Deuteronomy believes in a harsh justice but it also sets limits on the execution of justice or revenge. This is one of those places where the dignity and reputation of the neighbor limit the maximum punishment of lashes the neighbor can receive as forty. The action takes place in the sight of the judge who orders the proportionate punishment so that the dignity of the offender is preserved. Although we may live in a society that has trouble with this type of corporal punishment, this is a relatively new thing in our society. The idea of submitting oneself to the measured discipline of the community seems to be an expectation for being a part of the society of Israel. The Apostle Paul in 2 Corinthians 11:24 can claim that five times he received the punishment of forty lashes minus one in addition to the other punishment he lists, and this is one of the many indications that Paul saw himself remaining as a part of the Jewish community since he submitted to the discipline.
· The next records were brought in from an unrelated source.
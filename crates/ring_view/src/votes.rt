//! Votes that go round a ring.
ghost use Rattle.std.specs.Prelude.{◌≡◌, ◌<◌, ◌^◌, ◌++◌, nat_le, count_ones, OnOk, IfOk, IfSome};
ghost use Rattle.std.specs.Option.{option_map};
ghost use Rattle.mrp_types.specs.Seats.{seat_of};
ghost use Rattle.ring_link.specs.Silence.{Link};
ghost use Rattle.protocol.specs.Parts.{Ring, Part};
ghost use Rattle.protocol.specs.Rings.{position_of, majority_of, bit_of};
ghost use Rattle.protocol.specs.Effects.{no_effects};
ghost use Rattle.protocol.specs.Learner.{decided_of};
ghost use Rattle.protocol.specs.Acceptor.{decides_or_forwards, first_decide};
ghost use Rattle.ring_view.specs.Views.{IsViewOf, where_decided};

use crate::sending::send;
use frames::{Body, Frames};
use mrp_types::{Decided, Memory, RingView, Voted, majority};

/// The bit of a position.
fn bit(position: usize) -> u8
    requires { position < 8 }
    ensures { result ≡ 2 ^ position }
{
    1 << position
}

/// The own position; `None` at a node that is no acceptor.
fn own_position(view: &RingView) -> Option<usize>
    ensures first { result ≡ seat_of view.now.own view.now.acceptors }
    ensures few { IfSome result (λ position. position < 8) }
{
    let own = view.own;
    let nodes = view.acceptors.items();
    nodes.iter().position(|node| *node == own)
}

/// The bit of the own position in a mask of votes; `None` at a node that is no acceptor.
pub fn own_bit(view: &RingView) -> Option<u8>
    ensures { (ring : Ring) (link : Link) → IsViewOf view.now ring link → result ≡ option_map bit_of (position_of ring ring.own) }
{
    let Some(position) = own_position(view) else {
        return None;
    };
    Some(bit(position))
}

/// Whether the bits of a mask are those of a majority.
pub fn is_majority(view: &RingView, mask: u8) -> bool
    ensures { (ring : Ring) (link : Link) → IsViewOf view.now ring link → result ≡ nat_le (majority_of ring) (count_ones mask) }
{
    u32::from(majority(view.acceptors.len())) <= mask.count_ones()
}

/// Sends what is decided round to all other members.
fn send_decided(view: &RingView, range: Decided, out: &mut Frames) -> Result<(), Memory>
    ensures { OnOk result ((ring : Ring) (link : Link) → IsViewOf view.now ring link → out.new ≡ out.old ++ first_decide ring link range) }
{
    if view.members < 2 {
        return Ok(());
    }
    let body = Body::Decide {
        ring: view.ring,
        lo: range.lo,
        hi: range.hi,
        left: view.members - 2,
        value: range.value,
    };
    send(view, view.next_member, body, out)
}

/// What follows a vote with these bits: with a majority it is decided, which all other members are told; else the next
/// acceptor is asked. Answers whether it is decided.
pub fn pass_vote(view: &RingView, vote: Voted, mask: u8, out: &mut Frames) -> Result<bool, Memory>
    ensures frames { OnOk result ((ring : Ring) (link : Link) (part : Part) → IsViewOf view.now ring link
        → out.new ≡ out.old ++ (decides_or_forwards ring link mask vote (no_effects part)).frames) }
    ensures decided { IfOk result (λ decided. (ring : Ring) (link : Link) (part : Part) → IsViewOf view.now ring link
        → (decides_or_forwards ring link mask vote (no_effects part)).learned ≡ where_decided decided (decided_of vote)) }
{
    let Voted {
        lo,
        hi,
        ballot,
        value,
    } = vote;
    if is_majority(view, mask) {
        send_decided(view, Decided { lo, hi, value }, out)?;
        return Ok(true);
    }
    let body = Body::Accept {
        ring: view.ring,
        ballot,
        lo,
        hi,
        mask,
        value,
    };
    send(view, view.next_acceptor, body, out)?;
    Ok(false)
}
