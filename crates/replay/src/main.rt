// Document 01's replay program: the request file on standard input, its lines on standard output. What goes wrong with either is told on standard
// error, and then there is no `held` line, since a file that was not read to its end has none.
#![tactic(auto)]

ghost use Rattle.std.specs.Prelude.{◌≡◌, ◌↔◌, ◌≤◌, length, take, IfOk, IfErr, OnErr, IsErr, IsErrOf};
ghost use Rattle.std.specs.Io.{ReadsAtMost};
ghost use Rattle.std.specs.IoError.{error_kind};
ghost use Rattle.relay.specs.Passing.{is_over};
ghost use Rattle.relay.specs.View.{Fits, GoesOn, Stopped};

use relay::{Failure, Next, Relay};
use std::io;
use std::io::{ErrorKind, Read, Write};
use std::process::ExitCode;

// What the library is handed of an answer: how many bytes the call moved, or why it failed. std hands an interruption on, and does not call again by itself.
fn outcome_of(answer: &io::Result<usize>) -> Result<usize, Failure>
    ensures ok { IfOk answer.now (λ n. result ≡ Ok n) }
    ensures err { OnErr answer.now (IsErr result) }
    ensures interrupted { IfErr answer.now (λ e. IsErrOf result Failure.Interrupted ↔ (error_kind e ≡ ErrorKind.Interrupted)) }
{
    match answer {
        Ok(n) => Ok(*n),
        Err(e) if e.kind() == ErrorKind::Interrupted => Err(Failure::Interrupted),
        Err(_) => Err(Failure::Other),
    }
}

// Reads into the input past the bytes in hand.
fn read_past<R: Read>(input: &mut [u8], filled: usize, reader: &mut R) -> io::Result<usize>
    requires { filled ≤ length input.old }
    ensures kept { take filled input.new ≡ take filled input.old }
    ensures bound { ReadsAtMost result input.new }
{
    reader.read(&mut input[filled..])
}

// Makes the call that is asked for, and hands its answer on. Between two calls the library decides, and is proved. The answer is kept, since it says why a call
// failed; it is no part of the relay, which is copied, as an error can't be.
fn turn<R: Read, W: Write>(
    relay: Relay,
    lent: &mut [u8],
    input: &mut [u8],
    output: &mut [u8],
    reader: &mut R,
    writer: &mut W,
    answer: &mut io::Result<usize>,
) -> Relay
    requires { Fits relay (length input.old) (length output.old) }
    ensures { Fits result (length input.new) (length output.new) × GoesOn relay lent.old input.old output.old result lent.new input.new output.new }
{
    match relay.next {
        Next::Feed => relay.feed_on(lent, input, output),
        Next::Read => {
            *answer = read_past(input, relay.filled, reader);
            relay.after_read(outcome_of(answer), input, output)
        }
        Next::Write => {
            *answer = writer.write(&output[relay.from..relay.to]);
            relay.after_write(outcome_of(answer), input, output)
        }
        Next::Done | Next::ReadFailed | Next::WriteFailed | Next::TooLong => relay,
    }
}

#[tactic(auto, unfolding(relay::specs::Passing::is_over))]
fn is_over(next: Next) -> bool
    ensures { result ≡ is_over next }
{
    matches!(
        next,
        Next::Done | Next::ReadFailed | Next::WriteFailed | Next::TooLong
    )
}

// Where it stopped; the theorem over every passage asks for these lengths. A proved loop has to end, and nothing says that the input does, so that the turns
// are counted up to a number that no run reaches.
fn replay<R: Read, W: Write>(
    lent: &mut [u8],
    input: &mut [u8],
    output: &mut [u8],
    reader: &mut R,
    writer: &mut W,
    answer: &mut io::Result<usize>,
) -> Relay
    requires { (65536 ≤ length lent.old) × (128 ≤ length output.old) }
    ensures { Stopped lent.old result lent.new input.new output.new }
{
    let mut relay = Relay::begin();
    for _ in 0..u64::MAX {
        relay = turn(relay, lent, input, output, reader, writer, answer);
        if is_over(relay.next) {
            return relay;
        }
    }
    relay
}

// Why the call failed. A write that takes nothing gives no error of its own.
fn error_of(answer: io::Result<usize>) -> io::Error
    ensures { IfErr answer (λ e. result ≡ e) }
{
    match answer {
        Ok(_) => io::Error::from(ErrorKind::WriteZero),
        Err(e) => e,
    }
}

// No Display: a word for each end, to standard error.
fn tell_too_long(rt: &impl Eprint) -> io::Result<()> {
    eprintln!(rt; "replay: standard input is too long")
}

// What went wrong is told. A replay that is not over has used up its turns.
fn tell(rt: &impl Eprint, next: Next, answer: io::Result<usize>) -> io::Result<ExitCode> {
    match next {
        Next::Feed | Next::Read | Next::Write | Next::TooLong => tell_too_long(rt)?,
        Next::Done => return Ok(ExitCode::SUCCESS),
        Next::ReadFailed => {
            let error = error_of(answer);
            eprintln!(rt; "replay: reading standard input: {error}")?;
        }
        Next::WriteFailed => {
            let error = error_of(answer);
            eprintln!(rt; "replay: writing standard output: {error}")?;
        }
    }
    Ok(ExitCode::FAILURE)
}

// Room for three of the longest records, which have 65,537 bytes, so that there is always much to read into.
const INPUT: usize = 262144;

fn main(rt: HostRuntime) -> io::Result<ExitCode> {
    let mut lent = [0u8; 65536];
    let mut input = [0u8; INPUT];
    let mut output = [0u8; 65536];
    let mut answer = Ok(0);
    let relay = replay(
        &mut lent,
        &mut input,
        &mut output,
        &mut rt.stdin(),
        &mut rt.stdout(),
        &mut answer,
    );
    tell(&rt, relay.next, answer)
}
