// Why a script is refused, and the line that says so.
ghost use Rattle.std.specs.Prelude.{◌≡◌, IfOk, Some, string_bytes};
ghost use Rattle.lexemes.specs.Listing.{reason_number, reason_words, reason_line};

use refusal_line::refusal_line;
use std::alloc::{AllocError, Global};
use tokens::Trouble;

// Three of the reader's reasons: this program does not stand on the reader. Two numbers stand there too, and two
// sentences in `outline`.
#[derive(Clone, Copy)]
pub enum Reason {
    LongSource,
    ManyTokens,
    Trouble(Trouble),
}

impl Reason {
    // The number that the line shows. No discriminant, since a trouble has a number of its own.
    fn number(self) -> u8
        ensures { result ≡ reason_number self }
    {
        match self {
            Reason::LongSource => 1,
            Reason::ManyTokens => 6,
            Reason::Trouble(trouble) => trouble.number(),
        }
    }

    // Words and no `Display`, as `refusal_line` takes them.
    fn words(self) -> &'static str
        ensures { result.now ≡ reason_words self }
    {
        match self {
            Reason::LongSource => "a script has at most 8,192 bytes",
            Reason::ManyTokens => "this is token 2,049, and a script has at most 2,048",
            Reason::Trouble(trouble) => trouble.words(),
        }
    }

    // The line that refuses the source at an offset.
    pub fn line(self, heap: Global, source: &[u8], at: usize) -> Result<String, AllocError>
        ensures { IfOk result (λ s. string_bytes s ≡ reason_line source.now self at) }
    {
        refusal_line(heap, source, self.number(), at, self.words())
    }
}
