// Lists the tokens of a script: one line for each, and last the script's end or why it is refused.
#![tactic(auto)]

mod lines;
mod refusal;

use lines::listing;
use std::io;
use std::io::Read;

// Both programs have this `main`: one function for both would be public, and no contract could say what it writes.
fn main(rt: HostRuntime) -> io::Result<()> {
    let heap = rt.alloc();
    let mut input = Vec::new(heap);
    rt.stdin().read_to_end(&mut input)?;
    let text = listing(heap, &input)?;
    rt.write_all(&text)
}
In our own society we have become very litigious and often use fines or imprisonment as a means of discipline. Yet, when it comes to these fines and imprisonments which can often be excessive for certain crimes (particularly drug related offenses with harsh minimum sentences) in addition to the shame that comes with a criminal record we may want to relook at the idea of punishment that does not permanently diminish our neighbor in our eyes. Are judges enabled to give punishments that are proportional to the offense or are they bound by laws that are harsh allowing the guilty not chance at a non-degraded standing within society. These are difficult issues, but they are the type of big questions of a society that the book of Deuteronomy deals with.
Deuteronomy 25: 4 Care for the Working Animals
4 You shall not muzzle an ox while it is treading out the grain.
This is an acknowledgment that the working animals are not machines to be driven mercilessly, but even in small ways the lost grain that an ox eats while treading the grain is a part of its due. It is one of the windows into a worldview where animals and plants (see Deuteronomy 20 on trees in war for example) are given some protection as well. They all are a part of the creation of the LORD and are entitled to the benefits of striving with humanity to carve a living from the earth. Paul references this section in 1 Corinthians 9:9 in his discussion of his authority and that he could ask for a material benefit for his work among the Corinthians even though he states he made no use of those rights. 1 Timothy 5: 17-18 also uses this line of argument for the supporting of elders.
Deuteronomy 25: 5-10 Levirate Marriage
5 When brothers reside together, and one of them dies and has no son, the wife of the deceased shall not be married outside the family to a stranger. Her husband’s brother shall go in to her, taking her in marriage, and performing the duty of a husband’s brother to her, 6 and the firstborn whom she bears shall succeed to the name of the deceased brother, so that his name may not be blotted out of Israel. 7 But if the man has no desire to marry his brother’s widow, then his brother’s widow shall go up to the elders at the gate and say, “My husband’s brother refuses to perpetuate his brother’s name in Israel; he will not perform the duty of a husband’s brother to me.” 8 Then the elders of his town shall summon him and speak to him. If he persists, saying, “I have no desire to marry her,” 9 then his brother’s wife shall go up to him in the presence of the elders, pull his sandal off his foot, spit in his face, and declare, “This is what is done to the man who does not build up his brother’s house.” 10 Throughout Israel his family shall be known as “the house of him whose sandal was pulled off.”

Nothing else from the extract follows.